*** Opening of DATA SECTION ***
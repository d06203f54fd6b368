//! Predicates over rows, and sums at both ends of 64 bits.
use super::{after, matches};
use crate::{Condition, Op, Pred, SetExpr, SetList};
use s2_value::{Row, Seq, Txt, Value, ValueList};
use std::alloc::Global;
use std::test::Fail;

#[derive(Clone, Copy, Debug)]
enum Given {
    Number(i64),
    Word(&'static str),
}

use Given::{Number, Word};

fn value_of(alloc: Global, given: Given) -> Result<Value, Fail> {
    match given {
        Number(number) => Ok(Value::Int(number)),
        Word(word) => Ok(Value::Text(Txt::new(alloc, word.as_bytes())?)),
    }
}

fn values_of(alloc: Global, given: &[Given]) -> Result<ValueList, Fail> {
    let mut values = Seq::new(alloc);
    for one in given {
        values.add(value_of(alloc, *one)?)?;
    }
    Ok(values)
}

fn holds(alloc: Global, left: Given, op: Op, right: Given) -> Result<bool, Fail> {
    let row = values_of(alloc, &[left])?;
    let pred = Condition::new(alloc, Pred::Cmp(0, op, value_of(alloc, right)?))?;
    Ok(matches(&pred, &row))
}

#[test]
fn operators_compare(rt: HostRuntime) -> Result<(), Fail> {
    let ops = [Op::Eq, Op::Ne, Op::Lt, Op::Le, Op::Gt, Op::Ge];
    let below = [false, true, true, true, false, false];
    let same = [true, false, false, true, false, true];
    let above = [false, true, false, false, true, true];
    let cases = [
        (Number(-2), Number(1), below),
        (Number(1), Number(1), same),
        (Number(1), Number(-2), above),
        (Word("a"), Word("ab"), below),
        (Word("ab"), Word("ab"), same),
        (Word("b"), Word("ab"), above),
        (Number(9), Word(""), below),
        (Word(""), Number(9), above),
    ];
    for (left, right, wants) in cases {
        for (op, want) in ops.iter().zip(wants.iter()) {
            assert_eq!(rt;
                holds(rt.alloc(), left, *op, right)?,
                *want,
                "{left:?} {op:?} {right:?}"
            );
        }
    }
    Ok(())
}

#[test]
fn lists_of_values(rt: HostRuntime) -> Result<(), Fail> {
    let alloc = rt.alloc();
    let listed = values_of(alloc, &[Number(2), Word("b"), Number(4)])?;
    let some = Condition::new(alloc, Pred::OneOf(0, listed))?;
    let none = Condition::new(alloc, Pred::OneOf(0, Seq::new(alloc)))?;
    let all = Condition::new(alloc, Pred::All)?;
    let cases = [
        (Number(2), true),
        (Number(3), false),
        (Number(4), true),
        (Word("b"), true),
        (Word("2"), false),
    ];
    for (given, want) in cases {
        let row = values_of(rt.alloc(), &[given])?;
        assert_eq!(rt; matches(&some, &row), want, "{given:?}");
        assert!(rt; !matches(&none, &row));
        assert!(rt; matches(&all, &row));
    }
    Ok(())
}

fn number_is(op: Op, number: i64) -> Pred {
    Pred::Cmp(0, op, Value::Int(number))
}

/// From 2 to 3, or above 4.
fn nest(alloc: Global) -> Result<Pred, Fail> {
    let low = Box::new(alloc, number_is(Op::Gt, 1))?;
    let high = Box::new(alloc, number_is(Op::Lt, 4))?;
    let between = Box::new(alloc, Pred::And(low, high))?;
    let small = Box::new(alloc, number_is(Op::Le, 4))?;
    let above = Box::new(alloc, Pred::Not(small))?;
    Ok(Pred::Or(between, above))
}

#[test]
fn nests(rt: HostRuntime) -> Result<(), Fail> {
    let pred = Condition::new(rt.alloc(), nest(rt.alloc())?)?;
    let wants = [false, false, true, true, false, true];
    for (number, want) in wants.iter().enumerate() {
        let row = values_of(rt.alloc(), &[Number(number as i64)])?;
        assert_eq!(rt; matches(&pred, &row), *want, "{number}");
    }
    Ok(())
}

fn is_sum(alloc: Global, number: i64, expr: SetExpr, want: Option<i64>) -> Result<bool, Fail> {
    let row = values_of(alloc, &[Number(number)])?;
    let mut sets = SetList::new(alloc);
    sets.add((0, expr))?;
    let want = match want {
        Some(sum) => Some(values_of(alloc, &[Number(sum)])?),
        None => None,
    };
    Ok(after(alloc, &sets, &row)? == want)
}

#[test]
fn sums_leave_64_bits(rt: HostRuntime) -> Result<(), Fail> {
    let (least, most) = (i64::MIN, i64::MAX);
    let pluses = [
        (most - 1, 1, Some(most)),
        (most, 1, None),
        (least + 1, -1, Some(least)),
        (least, -1, None),
        (most, least, Some(-1)),
    ];
    for (number, more, want) in pluses {
        assert!(rt;
            is_sum(rt.alloc(), number, SetExpr::Plus(0, more), want)?,
            "{number} + {more}"
        );
    }
    let minuses = [
        (least + 1, 1, Some(least)),
        (least, 1, None),
        (most - 1, -1, Some(most)),
        (most, -1, None),
        (-1, least, Some(most)),
        (0, least, None),
    ];
    for (number, less, want) in minuses {
        assert!(rt;
            is_sum(rt.alloc(), number, SetExpr::Minus(0, less), want)?,
            "{number} - {less}"
        );
    }
    Ok(())
}

fn row_of(alloc: Global, first: i64, second: i64, third: Given) -> Result<Row, Fail> {
    values_of(alloc, &[Number(first), Number(second), third])
}

#[test]
fn columns_are_set_from_the_row_as_it_was(rt: HostRuntime) -> Result<(), Fail> {
    let row = row_of(rt.alloc(), 1, 2, Word("x"))?;
    let mut sets = SetList::new(rt.alloc());
    sets.add((0, SetExpr::Column(1)))?;
    sets.add((1, SetExpr::Plus(0, 10)))?;
    sets.add((2, SetExpr::Given(value_of(rt.alloc(), Word("y"))?)))?;
    let want = row_of(rt.alloc(), 2, 11, Word("y"))?;
    assert_eq!(rt; after(rt.alloc(), &sets, &row)?, Some(want));
    sets.add((1, SetExpr::Minus(1, i64::MIN)))?;
    assert_eq!(rt; after(rt.alloc(), &sets, &row)?, None);
    Ok(())
}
*** Close of DATA SECTION ***
_TASK TO COMPLETE_: What lines in the records above include the string "true"? Copy each one.

_ANSWER TO THE EXERCISE_:
    let below = [false, true, true, true, false, false];
    let same = [true, false, false, true, false, true];
    let above = [false, true, false, false, true, true];
        (Number(2), true),
        (Number(4), true),
        (Word("b"), true),
    let wants = [false, false, true, true, false, true];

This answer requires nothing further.